Мужчина, который направлялся к мельнице, тоже ночью направиться не рискнул. Уж больно страшно. А днем пойдешь – если увидят, зашпыняют. Поэтому он выбрался из дома на рассвете. О том, что мельнику тоже нужно спать, он не думал. И какой сон в этом дьявольском месте! Сырой туман пробивался сквозь накинутую на плечи овчину, под ногами хлюпало. Должно пройти несколько часов прежде, чем ночной воздух прогреется. Весна, не лето.
Весна и была причиной того, что добрый поселянин в неурочный час выбрался из теплой постели. Кровь в это время играет не только у важных господ, и не у одних неженатых-незамужних. И крестьянин заподозрил, что жена наставляет ему рога. Не то, чтоб он ее застукал, но что-то вид у нее шибко довольный, Как ни бил он ее, подлая не сознавалась. А подозрения не утихали. Знающие же люди говорят – если добыть лягушачий язык и приложить к сердцу спящей женщины – все выболтает. А где лягушек искать, как не у мельницы? И лучше самому этих тварей не трогать. Пусть мельник согрешит.

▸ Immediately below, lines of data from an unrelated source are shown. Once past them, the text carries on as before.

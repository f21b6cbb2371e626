//! The commands, each with how it ends where nothing fails.

use pg_tool::Status;

/// A command on the files: the words behind the program's name, how it ends, how many calls of the shelf read, and whether it
/// saves, by one call behind these, which it does under `c`.
pub(crate) type Row = (&'static str, Status, u64, bool);

/// The descriptions and images are loaded, each by one call, and so is a certificate that is made anew. Of a certificate that
/// is verified the size is asked first, and the last part of it is empty.
pub(crate) const ROWS: [Row; 31] = [
    ("bare m0 stay --grant 8 --steps 2", Status::Done, 2, false),
    ("bare m0 zeros --grant 8 --steps 2", Status::Done, 2, false),
    ("check none --cert c", Status::Done, 1, true),
    ("check one --cert c", Status::Done, 1, true),
    ("hcheck none --cert c", Status::Done, 1, true),
    ("hcheck one --cert c", Status::Done, 1, true),
    ("verify none end", Status::Done, 4, false),
    ("verify rtu open", Status::Unsettled, 4, false),
    ("replay rtu open", Status::Done, 4, false),
    (
        "run none end zeros zeros --grant 3 --steps 1",
        Status::Done,
        6,
        false,
    ),
    (
        "run rtu open zeros --grant 8 --steps 1",
        Status::Unsettled,
        5,
        false,
    ),
    (
        "hybrid none hend zeros zeros --grant 3 --steps 1",
        Status::Done,
        6,
        false,
    ),
    (
        "nest none end zeros --grant 2 --steps 1 --depth 3",
        Status::Done,
        5,
        false,
    ),
    ("print m0", Status::Done, 1, false),
    ("gen 2 1 --cert c", Status::Done, 0, true),
    ("migrate none end c", Status::Done, 2, true),
    ("migrate rtu open c", Status::Unsettled, 2, true),
    ("asm m0 source --grant 8", Status::Done, 2, false),
    ("asm m0 zeros --grant 8", Status::Done, 2, false),
    ("disasm m0 past --grant 8", Status::Done, 2, false),
    (
        "save none end zeros c --grant 3 --steps 1",
        Status::Done,
        5,
        true,
    ),
    (
        "resume none end kept --steps 1 --skip 2",
        Status::Done,
        5,
        false,
    ),
    // Refusals: their lines are put as other texts are.
    ("bare", Status::Words, 0, false),
    ("print zeros", Status::Description, 1, false),
    ("bare m0 m0 --grant 8 --steps 1", Status::Image, 2, false),
    ("verify m0 end", Status::Certificate, 3, false),
    (
        "run none end zeros --grant 7 --steps 1",
        Status::Room,
        1,
        false,
    ),
    ("asm m0 stay --grant 8", Status::Source, 2, false),
    ("resume none end zeros --steps 1", Status::Saved, 2, false),
    (
        "resume none end kept --steps 1 --skip 4",
        Status::Room,
        2,
        false,
    ),
    ("print nothing", Status::Missing, 1, false),
];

Но правду ли говорили насчет лягушачьих языков, осталось в этой деревне навсегда невыясненным, Поспешая успеть до того, как солнце выползет из-за верхушек деревьев – словно оно могло увидеть его за постыдным занятием, сельский житель свернул за поворот, – туда, где тропинка на мельницу пересекалась с дорогой в имение, и застыл.
Что-то лежало на дороге, на самом ее перекрестке, белеясь на темной земле.
Не что-то.
Кто-то.
Из-за того, что у нее было с горлом и лицом, прохожему показалось, что перед ним – какое-то чудовище, кикимора, перевертень, очертаниями напоминающий женщину. На самом деле это и была женщина, точнее, молодая девушка, в льняном платье с цветной вышивкой по рукавам и подолу, стеклянных браслетах и башмаках, обшитых бусинами. Вся эта деревенская роскошь в туманном свете утра гляделась особенно жалко. Наверное, были на ней и бусы. Но бусы вместе с горлом разорвал мощный удар, пробивший плоть и сломавший шею. Голова девушки запрокинулась назад, открывая рану, а на лице ее неровными потеками застывала кровь, превращая его в жуткую маску, и кровь пропитала распущенные светлые волосы и землю под ними.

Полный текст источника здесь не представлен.